▶ **To do**:
Answer with the exact lines of the following material from the one containing "set.invariant();" through the one containing "let mut destroyed = ProcSet::empty();", both end lines included.

▶ **Exercise data**:
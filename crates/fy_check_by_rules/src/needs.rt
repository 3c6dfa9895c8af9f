//! Which acknowledged records a process still needs, by the entries before.
#![tactic(auto, using(crate::proofs::Lists::none_next))]

ghost use Rattle.std.specs.Prelude.{◌≡◌, ◌≤◌, ◌&&◌, not, length, IfOk};
ghost use Rattle.fy_team.specs.Teams.{is_among};
ghost use Rattle.fy_cluster.specs.declared.config.TheConstants.{MOST_JOURNAL_ENTRIES};
ghost use Rattle.fy_cluster.specs.History.{acked, has_synced, members_for};
ghost use Rattle.fy_cluster.specs.Replies.{is_of_team, needed_by};
ghost use Rattle.fy_check_by_rules.specs.Past.{history_of};

use crate::marks::{is_among, marks_of};
use crate::past::Past;
use crate::teams::{members_for, teams_of_records};
use crate::writes::has_synced;
use fy_locality::ProcId;
use std::alloc::AllocError;

/// Whether the process still needs the record as a member of its team: the record is acknowledged,
/// and the process is a member that hasn't synced it.
fn member_needs(before: &Past, rec: u32, p: ProcId) -> Result<bool, AllocError>
    ensures { IfOk result (λ needs. needs ≡ (acked (history_of before.now) rec
        && is_among (members_for (history_of before.now) rec) p.0
        && not (has_synced (history_of before.now) rec p.0))) }
{
    let marks = marks_of(before, rec)?;
    let members = members_for(before, rec)?;
    let has = has_synced(before, rec, p)?;
    Ok(marks.acked && is_among(&members, p) && !has)
}

/// Whether the record is of the team.
fn is_of_team(before: &Past, team: u32, rec: u32) -> Result<bool, AllocError>
    ensures { IfOk result (λ is. is ≡ is_of_team (history_of before.now) team rec) }
{
    let records = teams_of_records(before)?;
    match records.get(rec as usize) {
        Some(number) => Ok(*number == team),
        None => Ok(false),
    }
}

/// Whether the process needs the record to come into the team: the record is acknowledged and of
/// the team, and the process hasn't synced it.
fn newcomer_needs(before: &Past, team: u32, rec: u32, p: ProcId) -> Result<bool, AllocError>
    ensures { IfOk result (λ needs. needs ≡ (acked (history_of before.now) rec
        && is_of_team (history_of before.now) team rec
        && not (has_synced (history_of before.now) rec p.0))) }
{
    let marks = marks_of(before, rec)?;
    let of_team = is_of_team(before, team, rec)?;
    let has = has_synced(before, rec, p)?;
    Ok(marks.acked && of_team && !has)
}

/// The least record that the process still needs as a member of its team.
pub(crate) fn needed_by_member(before: &Past, p: ProcId) -> Result<Option<u32>, AllocError>
    requires few { length before.now.steps.now ≤ MOST_JOURNAL_ENTRIES }
    ensures { IfOk result (λ need. need ≡ needed_by (history_of before.now) p.0
        (λ r. is_among (members_for (history_of before.now) r) p.0)) }
{
    let list = teams_of_records(before)?;
    let count = list.len() as u32;
    for rec in 0..count {
        let needs = member_needs(before, rec, p)?;
        if needs {
            return Ok(Some(rec));
        }
    }
    Ok(None)
}

/// The least record that the process needs to come into the team.
pub(crate) fn needed_by_newcomer(
    before: &Past,
    team: u32,
    p: ProcId,
) -> Result<Option<u32>, AllocError>
    requires few { length before.now.steps.now ≤ MOST_JOURNAL_ENTRIES }
    ensures { IfOk result (λ need. need ≡ needed_by (history_of before.now) p.0
        (is_of_team (history_of before.now) team)) }
{
    let list = teams_of_records(before)?;
    let count = list.len() as u32;
    for rec in 0..count {
        let needs = newcomer_needs(before, team, rec, p)?;
        if needs {
            return Ok(Some(rec));
        }
    }
    Ok(None)
}
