//! Whom the entries before have struck: who is destroyed, gone, left and up.
#![tactic(auto, using(crate::proofs::Pasts::past_next, crate::proofs::Pasts::past_none, crate::proofs::Sets::members))]

ghost use Rattle.std.specs.Prelude.{◌≡◌, ◌==◌, ◌&&◌, ◌||◌, not, ℕ, []};
ghost use Rattle.std.specs.FinSet as sets;
ghost use Rattle.fy_decide.specs.Verdicts.{targets};
ghost use Rattle.fy_kinds.specs.Kinds.{destroys_for_good};
ghost use Rattle.fy_cluster.specs.History.{some_is, strikes, destroys, heals_at, ups, destroyed, gone, left, up};
ghost use Rattle.fy_check_by_rules.specs.Past.{as_step, history_of};

use crate::past::Past;
use crate::step::FoundStep;
use fy_cluster::effects::{heals, struck_by, ups};
use fy_kinds::{Kind, Target};
use fy_locality::{ProcId, ProcSet};

/// The kind by which the step struck the process.
pub(crate) fn strikes(step: &FoundStep, p: ProcId) -> Option<Kind>
    ensures { result ≡ strikes (as_step [] step.now) p.0 }
{
    if step.targets.contains(p) {
        struck_by(&step.entry)
    } else {
        None
    }
}

/// Whether the step struck the process by a destroying kind.
pub(crate) fn destroys(step: &FoundStep, p: ProcId) -> bool
    ensures { result ≡ destroys (as_step [] step.now) p.0 }
{
    match strikes(step, p) {
        Some(kind) => kind.is_destroying(),
        None => false,
    }
}

/// Whether the step struck the process by the kind that leaves nobody to come back.
fn kills_for_good(step: &FoundStep, p: ProcId) -> bool
    ensures { result ≡ some_is destroys_for_good (strikes (as_step [] step.now) p.0) }
{
    match strikes(step, p) {
        Some(kind) => kind.destroys_for_good(),
        None => false,
    }
}

/// Whether the step healed the process.
pub(crate) fn heals_at(step: &FoundStep, p: ProcId) -> bool
    ensures { result ≡ heals_at (as_step [] step.now) p.0 }
{
    match heals(&step.entry) {
        Some(healed) => healed.0 == p.0,
        None => false,
    }
}

/// Whether the step started the process.
fn ups_at(step: &FoundStep, p: ProcId) -> bool
    ensures { result ≡ some_is (λ q. q == p.0) (ups step.now.entry.act step.now.entry.reply) }
{
    match ups(&step.entry) {
        Some(started) => started.0 == p.0,
        None => false,
    }
}

/// The set without the process that the step healed, if it healed one.
fn without_healed(set: ProcSet, step: &FoundStep) -> ProcSet
    ensures { (p : ℕ) → sets.contains result p
        ≡ (not (heals_at (as_step [] step.now) p) && sets.contains set p) }
{
    let mut set = set;
    set.invariant();
    if let Some(p) = heals(&step.entry)
        && set.contains(p)
    {
        set.drop_one(p);
    }
    set
}

/// The targets of the step, if it struck them by a destroying kind.
fn destroyed_at(step: &FoundStep) -> ProcSet
    ensures { (p : ℕ) → sets.contains result p ≡ destroys (as_step [] step.now) p }
{
    match struck_by(&step.entry) {
        Some(kind) => if kind.is_destroying() {
            step.targets
        } else {
            ProcSet::empty()
        },
        None => ProcSet::empty(),
    }
}

/// The destroyed: some step destroyed them, and none healed them since.
pub(crate) fn destroyed(before: &Past) -> ProcSet
    ensures { (p : ℕ) → sets.contains result p ≡ destroyed (history_of before.now) p }
{
    let mut destroyed = ProcSet::empty();
    for step in before.steps {
        destroyed = destroyed_at(step).union(&without_healed(destroyed, step));
    }
    destroyed
}

/// Whether some step struck the process by the kind that leaves nobody to come back.
pub(crate) fn gone(before: &Past, p: ProcId) -> bool
    ensures { result ≡ gone (history_of before.now) p.0 }
{
    let mut gone = false;
    for step in before.steps {
        gone = kills_for_good(step, p) || gone;
    }
    gone
}

/// Whether there was no strike at the process after its last start.
pub(crate) fn up(before: &Past, p: ProcId) -> bool
    ensures { result ≡ up (history_of before.now) p.0 }
{
    let mut up = true;
    for step in before.steps {
        up = ups_at(step, p) || strikes(step, p).is_none() && up;
    }
    up
}

/// The targets of the step, if it struck them by the kind that leaves nobody to come back.
fn killed_at(step: &FoundStep) -> ProcSet
    ensures { (p : ℕ) → sets.contains result p
        ≡ some_is destroys_for_good (strikes (as_step [] step.now) p) }
{
    match struck_by(&step.entry) {
        Some(kind) => if kind.destroys_for_good() {
            step.targets
        } else {
            ProcSet::empty()
        },
        None => ProcSet::empty(),
    }
}

/// The processes that are not gone, emptied ones too.
pub(crate) fn left(before: &Past) -> ProcSet
    ensures { (p : ℕ) → sets.contains result p
        ≡ left before.now.config.now (history_of before.now) p }
{
    let mut left = before.config.map().everyone();
    for step in before.steps {
        left = left.difference(&killed_at(step));
    }
    left
}

/// The processes left that have the target's value of its key.
pub(crate) fn targets(before: &Past, target: &Target) -> ProcSet
    ensures { (p : ℕ) → sets.contains result p
        ≡ targets before.now.config.now.processes
        (left before.now.config.now (history_of before.now)) target.now p }
{
    left(before).intersection(&before.config.map().members(target.key, &target.value))
}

▶ **Task output**:
    set.invariant();
    if let Some(p) = heals(&step.entry)
        && set.contains(p)
    {
        set.drop_one(p);
    }
    set
}

/// The targets of the step, if it struck them by a destroying kind.
fn destroyed_at(step: &FoundStep) -> ProcSet
    ensures { (p : ℕ) → sets.contains result p ≡ destroys (as_step [] step.now) p }
{
    match struck_by(&step.entry) {
        Some(kind) => if kind.is_destroying() {
            step.targets
        } else {
            ProcSet::empty()
        },
        None => ProcSet::empty(),
    }
}

/// The destroyed: some step destroyed them, and none healed them since.
pub(crate) fn destroyed(before: &Past) -> ProcSet
    ensures { (p : ℕ) → sets.contains result p ≡ destroyed (history_of before.now) p }
{
    let mut destroyed = ProcSet::empty();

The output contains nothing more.